◆ Instructions for the task ◆
For the records that follow, give the number of lines containing the word "ensures", with no added text.

(Stored dataset items)
=-=-=

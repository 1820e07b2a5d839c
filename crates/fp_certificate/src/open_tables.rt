//! The last of the tables that are read, and its last share: what comes next is theirs.
ghost use Rattle.std.specs.Prelude.{◌≡◌, ◌<◌, false, length, OnOk};
ghost use Rattle.fp_certificate.specs.Tables.{and_last_share_weight, and_share, and_weight, lacks_share, with_last};

use crate::NoMemory;
use fp_prices::{Share, Table, Weight};

/// Whether the last table has no share, or there is no table.
pub fn lacks_share(tables: &[Table]) -> bool
    ensures { result ≡ lacks_share tables.now }
{
    match tables.last() {
        Some(table) => table.shares.is_empty(),
        None => true,
    }
}

/// Adds a share to the last table. The only error is `NoMemory`.
pub fn push_share(tables: &mut [Table], share: Share) -> Result<(), NoMemory>
    requires { 0 < length tables.old }
    ensures { OnOk result (tables.new ≡ with_last (and_share share) tables.old) }
{
    let last = tables.len() - 1;
    let table = &mut tables[last];
    table.shares.push(share)?;
    Ok(())
}

// Adds a weight to the last of some shares. The only error is `NoMemory`.
fn push_to_shares(shares: &mut [Share], weight: Weight) -> Result<(), NoMemory>
    requires { 0 < length shares.old }
    ensures { OnOk result (shares.new ≡ with_last (and_weight weight) shares.old) }
{
    let last = shares.len() - 1;
    let share = &mut shares[last];
    share.weights.push(weight)?;
    Ok(())
}

// Adds a weight to the last share of a table. The only error is `NoMemory`.
fn push_to_table(table: &mut Table, weight: Weight) -> Result<(), NoMemory>
    requires { 0 < length table.old }
    ensures { OnOk result (table.new ≡ with_last (and_weight weight) table.old) }
{
    push_to_shares(&mut table.shares, weight)
}

/// Adds a weight to the last share of the last table. The only error is `NoMemory`.
pub fn push_weight(tables: &mut [Table], weight: Weight) -> Result<(), NoMemory>
    requires { lacks_share tables.old ≡ false }
    ensures { OnOk result (tables.new ≡ and_last_share_weight weight tables.old) }
{
    let last = tables.len() - 1;
    push_to_table(&mut tables[last], weight)
}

=-=-=

◆ Solution ◆
5